ACM SIGPLAN NOTICES
Modern hardware contains parallel execution resources that are well-suited for data-parallelism vector units and task parallelism multicores. However, most work on parallel scheduling focuses on one type of hardware or the other. In this work, we present a scheduling framework that allows for a unified treatment of task- and data-parallelism. Our key insight is an abstraction, task blocks, that uniformly handles data-parallel iterations and task-parallel tasks, allowing them to be scheduled on vector units or executed independently as multicores.
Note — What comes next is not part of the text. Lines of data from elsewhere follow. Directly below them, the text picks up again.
//! Tenants come, change and go while the server runs.
//!
//! The registry is the operator's alone. The threads that serve tenants have their keys, so nobody waits for a change
//! but the tenant that changes. How they serve them is not known here: a `TenantDirectory` does what is asked of it, so that the
//! threads' types stay out of these proofs. How a tenant is added is in `adding`, what is told of tenants in `showing`, and
//! what a dashboard is told of them in `sampling`.
ghost use Rattle.std.specs.Prelude.{◌≡◌, ◌⊎◌, IfOk, OnErr, OnOk};
ghost use Rattle.tenant_registry.specs.Removing.{without};
ghost use Rattle.host_operator.specs.Asking.{IsDone};

mod adding;
mod sampling;
mod showing;

use crate::answer::OperatorAnswer;
use crate::calls::{OperatorCall, OperatorRefusal};
use crate::directory::TenantDirectory;
use auto_compaction::{Retention, StandingOrder};
use connection_table::{Allowance, Stopping, TenantBounds};
use etcd_types::Mem;
use host_config::{Changes, changes_of, more_segments_of, object_of, retention_change_of};
use indexmap::IndexMap;
use serde_json::Value;
use std::alloc::{AllocGlobal, Global};
use std::rt::{Clock, Files};
use std::sync::{Arc, Wait};
use tenant_registry::{Registry, Usage};
use tenant_rules::OperatorFault;

/// Within how many seconds each thread has to have moved, for a server that is ready.
const LATELY: u64 = 5;

/// What the operator was told of a tenant.
#[derive(Clone, Copy, Drop)]
struct Told {
    /// By which its connections are counted.
    number: u64,
    allowance: Allowance,
    /// What it used when a dashboard was told last without waiting for it.
    usage: Option<Usage>,
    open_watches: usize,
}

impl Told {
    /// What was told of a tenant at first.
    fn new(number: u64, allowance: Allowance) -> Told {
        Told {
            number,
            allowance,
            usage: None,
            open_watches: 0,
        }
    }
}

/// Other terms that a body asks for.
#[derive(Clone, Copy)]
struct NewTerms {
    /// What was told of the tenant before.
    told: Told,
    changes: Changes,
    /// What of its history the tenant is to keep, if the body says so.
    retention: Option<Retention>,
}

impl NewTerms {
    /// What the tenant's clients may take under these terms.
    fn allowance(self) -> Allowance {
        let before = self.told.allowance;
        let connections = self.changes.open_connections;
        Allowance {
            budget: self.changes.budget.unwrap_or(before.budget),
            open_connections: connections.or(before.open_connections),
            retention: self.retention.unwrap_or(before.retention),
        }
    }
}

/// What of its history a tenant is to keep that kept this, if a body says so.
fn retention_in(object: &Value, before: Retention) -> Result<Option<Retention>, OperatorRefusal> {
    match retention_change_of(object, before) {
        Ok(retention) => Ok(retention),
        Err(_) => Err(OperatorFault::Limits.into()),
    }
}

/// How many segments a body asks for.
fn segments_in(alloc: Global, body: &[u8]) -> Result<u32, OperatorRefusal> {
    let object = object_of(alloc, body)?;
    match u32::try_from(more_segments_of(&object)?) {
        Ok(count) => Ok(count),
        Err(_) => Err(OperatorFault::Limits.into()),
    }
}

/// What serves the operator.
pub struct Operator<'x, R: Wait + Drop, D: TenantDirectory> {
    rt: R,
    alloc: Global,
    registry: &'x mut Registry,
    directory: D,
    bounds: TenantBounds,
    told: IndexMap<Vec<u8>, Told>,
    /// How many connections a tenant may have where nothing is told.
    part: usize,
    stopping: Arc<Stopping>,
}

impl<'x, R: Wait + Drop, D: TenantDirectory> Drop for Operator<'x, R, D> {
    fn drop(self) {
        let Operator {
            rt: _,
            alloc: _,
            registry: _,
            directory: _,
            bounds: _,
            told: _,
            part: _,
            stopping: _,
        } = self;
    }
}

impl<'x, R, D> Operator<'x, R, D>
where
    R: Wait + Clock + Files + AllocGlobal + Copy + Drop,
    D: TenantDirectory,
{
    /// The operator of a registry whose tenants are served, by what was told of these at the start.
    pub fn new(
        rt: R,
        alloc: Global,
        registry: &'x mut Registry,
        directory: D,
        bounds: TenantBounds,
        part: usize,
        stopping: Arc<Stopping>,
    ) -> Operator<'x, R, D> {
        Operator {
            rt,
            alloc,
            registry,
            directory,
            bounds,
            told: IndexMap::new(alloc),
            part,
            stopping,
        }
    }

    /// Remembers what was told of the tenants that are there from the start, in their order.
    pub fn remember(&mut self, allowances: &[Allowance]) -> Mem<()> {
        for (place, allowance) in allowances.iter().enumerate() {
            let Some(name) = self.registry.name_at(place) else {
                break;
            };
            let Some(number) = self.directory.number(name) else {
                break;
            };
            let told = Told::new(number, *allowance);
            self.told.insert(Vec::from_slice(self.alloc, name)?, told)?;
        }
        Ok(())
    }

    /// Does what is asked.
    pub(crate) fn answer(
        &mut self,
        call: OperatorCall<'_>,
        body: &[u8],
    ) -> Result<OperatorAnswer, OperatorRefusal>
        ensures { IfOk result (λ answer. IsDone call.entry answer.status) }
    {
        match call {
            OperatorCall::List => self.list(),
            OperatorCall::Show(name) => self.show(200, name),
            OperatorCall::Add => self.add(body),
            OperatorCall::Change(name) => self.change(name, body),
            OperatorCall::Remove(name) => self.remove(name),
            OperatorCall::Grow => self.grow(body),
            OperatorCall::Metrics => self.metrics(),
            OperatorCall::Health => Ok(OperatorAnswer::empty(200)),
            OperatorCall::Ready => self.ready(),
            OperatorCall::Stop => {
                self.stopping.tell();
                Ok(OperatorAnswer::empty(202))
            }
        }
    }

    /// Connections are accepted, and each thread that serves tenants has moved lately.
    fn ready(&self) -> Result<OperatorAnswer, OperatorRefusal>
        ensures { IfOk result (λ answer. answer.status ≡ 200) }
    {
        if self.stopping.has_ended() {
            return Err(OperatorRefusal::Stopping);
        }
        if !self.stopping.has_begun() {
            return Err(OperatorRefusal::Starting);
        }
        if !self.directory.have_moved(LATELY) {
            return Err(OperatorRefusal::Stuck);
        }
        Ok(OperatorAnswer::empty(200))
    }

    /// Makes more segments. They are made, also where there is no memory to tell how many there are.
    fn grow(&mut self, body: &[u8]) -> Result<OperatorAnswer, OperatorRefusal>
        ensures { IfOk result (λ answer. (answer.status ≡ 200) ⊎ (answer.status ≡ 204)) }
    {
        let count = segments_in(self.alloc, body)?;
        self.registry.add_segments(count)?;
        match self.show_pool() {
            Ok(answer) => Ok(answer),
            Err(_) => Ok(OperatorAnswer::empty(204)),
        }
    }

    /// Bounds the connections of a tenant.
    fn bound(&self, number: u64, allowance: Allowance) {
        let most = allowance.open_connections.unwrap_or(self.part);
        self.bounds.set(number, most);
    }

    /// Gives a tenant another quota, and then other bounds. After a fault nothing changed.
    fn change(&mut self, name: &[u8], body: &[u8]) -> Result<OperatorAnswer, OperatorRefusal>
        ensures { IfOk result (λ answer. (answer.status ≡ 200) ⊎ (answer.status ≡ 204)) }
    {
        let terms = self.terms_in(name, body)?;
        let number = terms.told.number;
        let order = match terms.retention {
            Some(retention) => Some(StandingOrder::new(self.alloc, number, retention)?),
            None => None,
        };
        if let Some(quota) = terms.changes.quota {
            self.registry.resize(&self.rt, name, quota)?;
        }
        self.tell_terms(name, terms.changes.budget, order);
        let allowance = terms.allowance();
        if terms.changes.open_connections.is_some() {
            self.bound(number, allowance);
        }
        if let Some(place) = self.told.get_mut(name) {
            place.allowance = allowance;
        }
        Ok(self.done(200, name, 204))
    }

    /// The other terms of a tenant that a body asks for.
    fn terms_in(&self, name: &[u8], body: &[u8]) -> Result<NewTerms, OperatorRefusal> {
        let object = object_of(self.alloc, body)?;
        self.terms_of(name, &object)
    }

    /// The same by the members of the body's object. That it can't be read is told before that the tenant is not there.
    fn terms_of(&self, name: &[u8], object: &Value) -> Result<NewTerms, OperatorRefusal> {
        let changes = changes_of(object)?;
        let Some(told) = self.told.get(name) else {
            return Err(OperatorFault::NoTenant.into());
        };
        Ok(NewTerms {
            told: *told,
            changes,
            retention: retention_in(object, told.allowance.retention)?,
        })
    }

    /// Serves a tenant by another budget and another standing order from now on.
    fn tell_terms(&self, name: &[u8], budget: Option<usize>, order: Option<StandingOrder>) {
        if let Some(budget) = budget {
            self.directory.change_budget(name, budget);
        }
        if let Some(order) = order {
            self.directory.change_order(name, order);
        }
    }

    /// Removes a tenant: its segments are free, and requests for it are answered that it is not there.
    fn remove(&mut self, name: &[u8]) -> Result<OperatorAnswer, OperatorRefusal>
        ensures status { IfOk result (λ answer. answer.status ≡ 204) }
        ensures removes { OnOk result (self.new.registry.now ≡ without self.old.registry.now name.now) }
        ensures err { OnErr result (self.new.registry.now ≡ self.old.registry.now) }
    {
        let audit = self.registry.remove(name)?;
        drop(audit);
        self.directory.retire(name);
        if let Some(told) = self.told.shift_remove(name) {
            self.bounds.remove(told.number);
        }
        Ok(OperatorAnswer::empty(204))
    }

    /// A tenant that was added or changed. Where there is no memory for its text, the answer has another status and no text: it
    /// is done, and no fault may be told.
    fn done(&self, status: u16, name: &[u8], without_text: u16) -> OperatorAnswer
        ensures { (result.status ≡ status) ⊎ (result.status ≡ without_text) }
    {
        match self.show(status, name) {
            Ok(answer) => answer,
            Err(_) => OperatorAnswer::empty(without_text),
        }
    }
}
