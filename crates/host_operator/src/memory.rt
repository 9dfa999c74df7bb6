//! How much memory the process has, as the system tells it.
use std::alloc::AllocGlobal;
use std::fs;
use std::rt::Files;

/// The bytes of a page of memory.
const PAGE: u64 = 4096;

/// How many bytes are resident; none where the system does not tell it.
pub(crate) fn resident_bytes<R: Files + AllocGlobal>(rt: &R) -> Option<u64> {
    let text = fs::read_to_string(rt, "/proc/self/statm").ok()?;
    let pages = text.split(' ').nth(1)?.parse::<u64>().ok()?;
    pages.checked_mul(PAGE)
}
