//! What a dashboard is told of the tenants, in the text format of Prometheus.
use etcd_types::{Call, Mem};
use fair_turns::{CALLS, ENDS, Histogram, LAST_REFUSAL, STATUSES, TenantCounts};
use std::alloc::Global;
use std::sync::Arc;
use tenant_registry::Usage;

/// What a tenant uses, as far as it could be told without waiting for it.
pub(crate) struct Sample {
    pub(crate) name: String,
    pub(crate) usage: Usage,
    /// What is counted of it.
    pub(crate) counts: Arc<TenantCounts>,
    pub(crate) budget: usize,
    /// How many bytes of the budget are left.
    pub(crate) budget_left: usize,
    pub(crate) open_connections: usize,
    pub(crate) open_watches: usize,
}

impl Drop for Sample {
    fn drop(self) {
        let Sample {
            name: _,
            usage: _,
            counts: _,
            budget: _,
            budget_left: _,
            open_connections: _,
            open_watches: _,
        } = self;
    }
}

/// A number of each tenant that goes up and down.
#[derive(Clone, Copy)]
enum Gauge {
    Quota,
    Cells,
    Reserved,
    Drawn,
    Revision,
    Compacted,
    Keys,
    Leases,
    NoSpace,
    Watches,
    Connections,
    Budget,
    BudgetUsed,
}

const GAUGES: [Gauge; 13] = [
    Gauge::Quota,
    Gauge::Cells,
    Gauge::Reserved,
    Gauge::Drawn,
    Gauge::Revision,
    Gauge::Compacted,
    Gauge::Keys,
    Gauge::Leases,
    Gauge::NoSpace,
    Gauge::Watches,
    Gauge::Connections,
    Gauge::Budget,
    Gauge::BudgetUsed,
];

impl Gauge {
    fn name(self) -> &'static str {
        match self {
            Gauge::Quota => "bikazery_tenant_quota_cells",
            Gauge::Cells => "bikazery_tenant_cells",
            Gauge::Reserved => "bikazery_tenant_reserved_segments",
            Gauge::Drawn => "bikazery_tenant_drawn_segments",
            Gauge::Revision => "bikazery_tenant_revision",
            Gauge::Compacted => "bikazery_tenant_compacted_revision",
            Gauge::Keys => "bikazery_tenant_keys",
            Gauge::Leases => "bikazery_tenant_leases",
            Gauge::NoSpace => "bikazery_tenant_no_space",
            Gauge::Watches => "bikazery_tenant_watches",
            Gauge::Connections => "bikazery_tenant_connections",
            Gauge::Budget => "bikazery_tenant_budget_bytes",
            Gauge::BudgetUsed => "bikazery_tenant_budget_used_bytes",
        }
    }

    fn help(self) -> &'static str {
        match self {
            Gauge::Quota => "Cells that the tenant may use.",
            Gauge::Cells => "Cells that the tenant uses.",
            Gauge::Reserved => "Segments that are reserved for the tenant.",
            Gauge::Drawn => "Segments that the tenant has drawn.",
            Gauge::Revision => "The tenant's current revision.",
            Gauge::Compacted => "The revision of the tenant's last compaction.",
            Gauge::Keys => "Live keys.",
            Gauge::Leases => "Leases.",
            Gauge::NoSpace => "1 while the alarm of the quota is raised.",
            Gauge::Watches => "Open watches.",
            Gauge::Connections => "Open connections.",
            Gauge::Budget => "Bytes that the tenant's clients may have under way.",
            Gauge::BudgetUsed => "Bytes that the tenant's clients have under way.",
        }
    }

    fn of(self, sample: &Sample) -> u64 {
        let Sample { usage, .. } = sample;
        match self {
            Gauge::Quota => usage.quota,
            Gauge::Cells => usage.cells,
            Gauge::Reserved => usage.reserved.into(),
            Gauge::Drawn => usage.drawn.into(),
            Gauge::Revision => u64::try_from(usage.revision).unwrap_or(0),
            Gauge::Compacted => usage.compacted,
            Gauge::Keys => usage.keys,
            Gauge::Leases => usage.leases,
            Gauge::NoSpace => usage.no_space.into(),
            Gauge::Watches => sample.open_watches as u64,
            Gauge::Connections => sample.open_connections as u64,
            Gauge::Budget => sample.budget as u64,
            Gauge::BudgetUsed => { sample.budget.saturating_sub(sample.budget_left) as u64 }
        }
    }
}

/// The label of a call.
fn label(call: Call) -> &'static str {
    match call {
        Call::Range => "range",
        Call::Put => "put",
        Call::DeleteRange => "delete_range",
        Call::Txn => "txn",
        Call::Compaction => "compaction",
        Call::Watch => "watch",
        Call::Grant => "lease_grant",
        Call::Revoke => "lease_revoke",
        Call::KeepAlive => "lease_keep_alive",
        Call::TimeToLive => "lease_time_to_live",
        Call::Leases => "leases",
        Call::Alarm => "alarm",
        Call::Status => "status",
        Call::Defragment => "defragment",
    }
}

/// What is told of the host.
#[derive(Clone, Copy)]
pub(crate) struct HostSample {
    pub(crate) tenants: usize,
    pub(crate) segments: u32,
    pub(crate) free_segments: u32,
    pub(crate) open_connections: usize,
    pub(crate) refused_connections: u64,
    pub(crate) ended_connections: u64,
    pub(crate) lost_connections: u64,
    /// None where the system does not tell it.
    pub(crate) resident_bytes: Option<u64>,
}

/// How many nanoseconds a second has.
const NANOS: u64 = 1_000_000_000;

/// The whole text.
pub(crate) fn metrics(alloc: Global, host: HostSample, samples: &[Sample]) -> Mem<Vec<u8>> {
    let mut text = Text::new(alloc);
    text.host_gauges(host)?;
    text.host_counters(host)?;
    text.gauges(samples)?;
    text.calls(samples)?;
    text.bytes(samples)?;
    text.durations(samples)?;
    Ok(text.into_bytes())
}

const ANSWERED: &str = "bikazery_calls_total";

const REFUSED: &str = "bikazery_refusals_total";

const BYTES_IN: &str = "bikazery_received_bytes_total";

const BYTES_OUT: &str = "bikazery_answered_bytes_total";

const WAITS: &str = "bikazery_wait_seconds";

const TURNS: &str = "bikazery_turn_seconds";

/// A text that grows.
struct Text {
    alloc: Global,
    written: Vec<u8>,
}

impl Drop for Text {
    fn drop(self) {
        let Text {
            alloc: _,
            written: _,
        } = self;
    }
}

impl Text {
    /// Nothing is written.
    fn new(alloc: Global) -> Text {
        Text {
            alloc,
            written: Vec::new(alloc),
        }
    }

    fn into_bytes(self) -> Vec<u8> {
        let Text { alloc: _, written } = self;
        written
    }

    fn push(&mut self, text: &str) -> Mem<()> {
        self.written.extend_from_slice(text.as_bytes())
    }

    fn push_number(&mut self, number: u64) -> Mem<()> {
        let number = format!(in self.alloc; "{number}")?;
        self.push(number.as_str())
    }

    /// A line that tells something of a number.
    fn comment(&mut self, word: &str, name: &str, told: &str) -> Mem<()> {
        self.push(word)?;
        self.push(name)?;
        self.push(" ")?;
        self.push(told)?;
        self.push("\n")
    }

    fn head(&mut self, name: &str, help: &str, kind: &str) -> Mem<()> {
        self.comment("# HELP ", name, help)?;
        self.comment("# TYPE ", name, kind)
    }

    /// The name of a number of a tenant, and its first label. A histogram's numbers have an ending.
    fn begin(&mut self, name: &str, ending: &str, tenant: &str) -> Mem<()> {
        self.push(name)?;
        self.push(ending)?;
        self.push("{tenant=\"")?;
        self.push(tenant)?;
        self.push("\"")
    }

    /// One more label, up to its value.
    fn begin_label(&mut self, label: &str) -> Mem<()> {
        self.push(",")?;
        self.push(label)?;
        self.push("=\"")
    }

    fn label(&mut self, label: &str, value: &str) -> Mem<()> {
        self.begin_label(label)?;
        self.push(value)?;
        self.push("\"")
    }

    fn number_label(&mut self, label: &str, value: u64) -> Mem<()> {
        self.begin_label(label)?;
        self.push_number(value)?;
        self.push("\"")
    }

    /// The number behind its labels.
    fn end(&mut self, value: u64) -> Mem<()> {
        self.push("} ")?;
        self.push_number(value)?;
        self.push("\n")
    }

    /// A number of the host.
    fn host(&mut self, name: &str, help: &str, kind: &str, value: u64) -> Mem<()> {
        self.head(name, help, kind)?;
        self.push(name)?;
        self.push(" ")?;
        self.push_number(value)?;
        self.push("\n")
    }

    fn host_gauges(&mut self, host: HostSample) -> Mem<()> {
        let tenants = host.tenants as u64;
        self.host("bikazery_tenants", "Tenants.", "gauge", tenants)?;
        let help = "Segments, those of tenants among them.";
        self.host("bikazery_segments", help, "gauge", host.segments.into())?;
        let help = "Segments that no tenant reserved.";
        self.host(
            "bikazery_free_segments",
            help,
            "gauge",
            host.free_segments.into(),
        )?;
        let open = host.open_connections as u64;
        self.host("bikazery_connections", "Open connections.", "gauge", open)?;
        if let Some(bytes) = host.resident_bytes {
            let help = "Resident memory size in bytes.";
            self.host("process_resident_memory_bytes", help, "gauge", bytes)?;
        }
        Ok(())
    }

    fn host_counters(&mut self, host: HostSample) -> Mem<()> {
        let help = "Connections that were refused, since too many were open and none was idle.";
        let refused = host.refused_connections;
        self.host(
            "bikazery_connections_refused_total",
            help,
            "counter",
            refused,
        )?;
        let help = "Idle connections that were closed, since another one came.";
        let ended = host.ended_connections;
        self.host("bikazery_connections_ended_total", help, "counter", ended)?;
        let help = "Connections that were closed for want of memory.";
        let lost = host.lost_connections;
        self.host("bikazery_connections_lost_total", help, "counter", lost)
    }

    /// A number of a tenant.
    fn of_tenant(&mut self, name: &str, tenant: &str, value: u64) -> Mem<()> {
        self.begin(name, "", tenant)?;
        self.end(value)
    }

    /// The numbers of the tenants that go up and down.
    fn gauges(&mut self, samples: &[Sample]) -> Mem<()> {
        for gauge in GAUGES {
            self.gauge(gauge, samples)?;
        }
        Ok(())
    }

    fn gauge(&mut self, gauge: Gauge, samples: &[Sample]) -> Mem<()> {
        let name = gauge.name();
        self.head(name, gauge.help(), "gauge")?;
        for sample in samples {
            self.of_tenant(name, sample.name.as_str(), gauge.of(sample))?;
        }
        Ok(())
    }

    /// The calls of the tenants, and those that were refused, by number.
    fn calls(&mut self, samples: &[Sample]) -> Mem<()> {
        let help = "Calls that were answered, by what they ask and by status.";
        self.head(ANSWERED, help, "counter")?;
        for sample in samples {
            self.answered(sample)?;
        }
        let help = "Calls that were refused, by the refusal's number.";
        self.head(REFUSED, help, "counter")?;
        for sample in samples {
            self.refused(sample)?;
        }
        Ok(())
    }

    /// What the tenants' calls brought and were answered.
    fn bytes(&mut self, samples: &[Sample]) -> Mem<()> {
        self.head(BYTES_IN, "Bytes of the bodies of calls.", "counter")?;
        for sample in samples {
            self.of_tenant(BYTES_IN, sample.name.as_str(), sample.counts.bytes_in())?;
        }
        self.head(
            BYTES_OUT,
            "Bytes of answers and of the texts of watches.",
            "counter",
        )?;
        for sample in samples {
            self.of_tenant(BYTES_OUT, sample.name.as_str(), sample.counts.bytes_out())?;
        }
        Ok(())
    }

    /// How long calls and turns took.
    fn durations(&mut self, samples: &[Sample]) -> Mem<()> {
        let help = "How long calls waited in their tenant's queue.";
        self.head(WAITS, help, "histogram")?;
        for sample in samples {
            self.histogram(WAITS, sample.name.as_str(), &sample.counts.waits())?;
        }
        let help = "How long turns took in which calls were served.";
        self.head(TURNS, help, "histogram")?;
        for sample in samples {
            self.histogram(TURNS, sample.name.as_str(), &sample.counts.turns())?;
        }
        Ok(())
    }

    /// Durations by their parts, each with those before it.
    fn histogram(&mut self, name: &str, tenant: &str, durations: &Histogram) -> Mem<()> {
        let mut count = 0u64;
        for (place, end) in ENDS.iter().enumerate() {
            count = count.saturating_add(durations.part(place).unwrap_or(0));
            self.bucket(name, tenant, end.saturating_mul(1_000), count)?;
        }
        count = count.saturating_add(durations.part(ENDS.len()).unwrap_or(0));
        self.last_bucket(name, tenant, count)?;
        self.sum(name, tenant, durations.nanos())?;
        self.begin(name, "_count", tenant)?;
        self.end(count)
    }

    /// How many took no longer than so many nanoseconds.
    fn bucket(&mut self, name: &str, tenant: &str, nanos: u64, count: u64) -> Mem<()> {
        self.begin(name, "_bucket", tenant)?;
        self.begin_label("le")?;
        self.push_seconds(nanos)?;
        self.push("\"")?;
        self.end(count)
    }

    /// How many there are.
    fn last_bucket(&mut self, name: &str, tenant: &str, count: u64) -> Mem<()> {
        self.begin(name, "_bucket", tenant)?;
        self.label("le", "+Inf")?;
        self.end(count)
    }

    /// How many nanoseconds they took in all.
    fn sum(&mut self, name: &str, tenant: &str, nanos: u64) -> Mem<()> {
        self.begin(name, "_sum", tenant)?;
        self.push("} ")?;
        self.push_seconds(nanos)?;
        self.push("\n")
    }

    /// So many nanoseconds as seconds.
    fn push_seconds(&mut self, nanos: u64) -> Mem<()> {
        let whole = nanos / NANOS;
        let rest = nanos % NANOS;
        let seconds = format!(in self.alloc; "{whole}.{rest:09}")?;
        self.push(seconds.as_str())
    }

    /// The calls of a tenant that were refused; numbers with none are left out.
    fn refused(&mut self, sample: &Sample) -> Mem<()> {
        for number in 1..=LAST_REFUSAL {
            let count = sample.counts.refused(number);
            if count > 0 {
                self.refusal(sample.name.as_str(), number, count)?;
            }
        }
        Ok(())
    }

    fn refusal(&mut self, tenant: &str, number: u8, count: u64) -> Mem<()> {
        self.begin(REFUSED, "", tenant)?;
        self.number_label("number", number.into())?;
        self.end(count)
    }

    /// The calls of a tenant that were answered; those of which there is none are left out.
    fn answered(&mut self, sample: &Sample) -> Mem<()> {
        for call in CALLS {
            for status in STATUSES {
                let count = sample.counts.answered(call, status);
                if count > 0 {
                    self.call(sample.name.as_str(), call, status, count)?;
                }
            }
        }
        Ok(())
    }

    fn call(&mut self, tenant: &str, call: Call, status: u16, count: u64) -> Mem<()> {
        self.begin(ANSWERED, "", tenant)?;
        self.label("call", label(call))?;
        self.number_label("status", status.into())?;
        self.end(count)
    }
}
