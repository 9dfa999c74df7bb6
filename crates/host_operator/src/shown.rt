//! What is told of a tenant, as JSON.
use crate::calls::OperatorRefusal;
use crate::values::{JsonObject, JsonValue};
use auto_compaction::Retention;
use etcd_types::Mem;
use host_config::retention_told;
use std::alloc::Global;
use tenant_registry::Usage;
use tenant_rules::OperatorFault;

/// A tenant as it is told.
#[derive(Clone, Copy)]
pub(crate) struct ShownTenant {
    pub(crate) usage: Usage,
    pub(crate) open_watches: usize,
    pub(crate) retention: Retention,
    pub(crate) budget: usize,
    /// How many bytes of the budget are left.
    pub(crate) budget_left: usize,
    pub(crate) open_connections: usize,
    /// How many connections may be open.
    pub(crate) most_connections: usize,
}

impl ShownTenant {
    /// The tenant of this name as an object.
    pub(crate) fn to_json(&self, alloc: Global, name: &[u8]) -> Result<JsonValue, OperatorRefusal> {
        let Ok(name) = String::from_utf8(Vec::from_slice(alloc, name)?) else {
            return Err(OperatorFault::Name.into());
        };
        let mut object = JsonObject::new(alloc);
        object.add_text("name", name)?;
        self.add_opening(&mut object)?;
        self.add_cells(&mut object)?;
        self.add_content(&mut object)?;
        self.add_terms(alloc, &mut object)?;
        Ok(object.finish())
    }

    /// What it was opened with.
    fn add_opening(&self, object: &mut JsonObject) -> Mem<()> {
        object.add_number("cluster_id", self.usage.cluster)?;
        object.add_signed("first", self.usage.first)
    }

    /// What it uses of its quota.
    fn add_cells(&self, object: &mut JsonObject) -> Mem<()> {
        object.add_number("quota", self.usage.quota)?;
        object.add_number("cells", self.usage.cells)?;
        object.add_flag("no_space", self.usage.no_space)?;
        let reserved = self.usage.reserved.into();
        let drawn = self.usage.drawn.into();
        object.add_pair("segments", ("reserved", reserved), ("drawn", drawn))
    }

    /// How much it has.
    fn add_content(&self, object: &mut JsonObject) -> Mem<()> {
        object.add_signed("revision", self.usage.revision)?;
        object.add_number("compacted_revision", self.usage.compacted)?;
        object.add_number("keys", self.usage.keys)?;
        object.add_number("leases", self.usage.leases)?;
        object.add_number("watches", self.open_watches as u64)
    }

    /// What its clients may take, and what of its history it keeps.
    fn add_terms(&self, alloc: Global, object: &mut JsonObject) -> Mem<()> {
        let used = self.budget.saturating_sub(self.budget_left);
        let budget = ("bytes", self.budget as u64);
        object.add_pair("budget", budget, ("used", used as u64))?;
        let most = ("most", self.most_connections as u64);
        let open = ("open", self.open_connections as u64);
        object.add_pair("open_connections", most, open)?;
        let (mode, retention) = retention_told(alloc, self.retention)?;
        object.add_text("auto_compaction_retention", retention)?;
        object.add_text("auto_compaction_mode", String::from_str(alloc, mode)?)
    }
}
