//! What a call of the operator is answered.
ghost use Rattle.std.specs.Prelude.{◌≡◌, IfOk};

use crate::calls::OperatorRefusal;
use crate::values::JsonValue;
use std::alloc::Global;

/// What a call of the operator is answered.
#[derive(Drop)]
pub(crate) struct OperatorAnswer {
    pub(crate) status: u16,
    /// None where there is nothing to say.
    pub(crate) text: Option<Vec<u8>>,
    pub(crate) kind: TextKind,
}

/// What kind of text an answer has.
#[derive(Clone, Copy)]
pub(crate) enum TextKind {
    Json,
    Prometheus,
}

impl OperatorAnswer {
    /// A value in a line.
    pub(crate) fn of(
        alloc: Global,
        status: u16,
        value: &JsonValue,
    ) -> Result<OperatorAnswer, OperatorRefusal>
        ensures { IfOk result (λ answer. answer.status ≡ status) }
    {
        let text = value.to_line(alloc)?;
        Ok(OperatorAnswer {
            status,
            text: Some(text),
            kind: TextKind::Json,
        })
    }

    /// Numbers for a dashboard.
    pub(crate) fn of_numbers(text: Vec<u8>) -> OperatorAnswer
        ensures { result.status ≡ 200 }
    {
        OperatorAnswer {
            status: 200,
            text: Some(text),
            kind: TextKind::Prometheus,
        }
    }

    pub(crate) fn empty(status: u16) -> OperatorAnswer
        ensures { result.status ≡ status }
    {
        OperatorAnswer {
            status,
            text: None,
            kind: TextKind::Json,
        }
    }
}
Our framework allows us to define schedulers that can dynamically select between executing task blocks on vector units or multicores. We show that these schedulers are asymptotically optimal, and deliver the maximum amount of parallelism available in computation trees. To evaluate our schedulers, we develop program transformations that can convert mixed data- and task-parallel programs into task block based programs. Using a prototype instantiation of our scheduling framework, we show that, on an 8-core system, we can simultaneously exploit vector and multicore parallelism to achieve 14 x-108 x speedup over sequential baselines.
Ren, Bin; Krishnamoorthy, Sriram; Agrawal, Kunal; and Kulkarni, Milind, Exploiting Vector and Multicore Parallelism for Recursive, Data- and Task-Parallel Programs (2017). ACM SIGPLAN NOTICES, 52(8).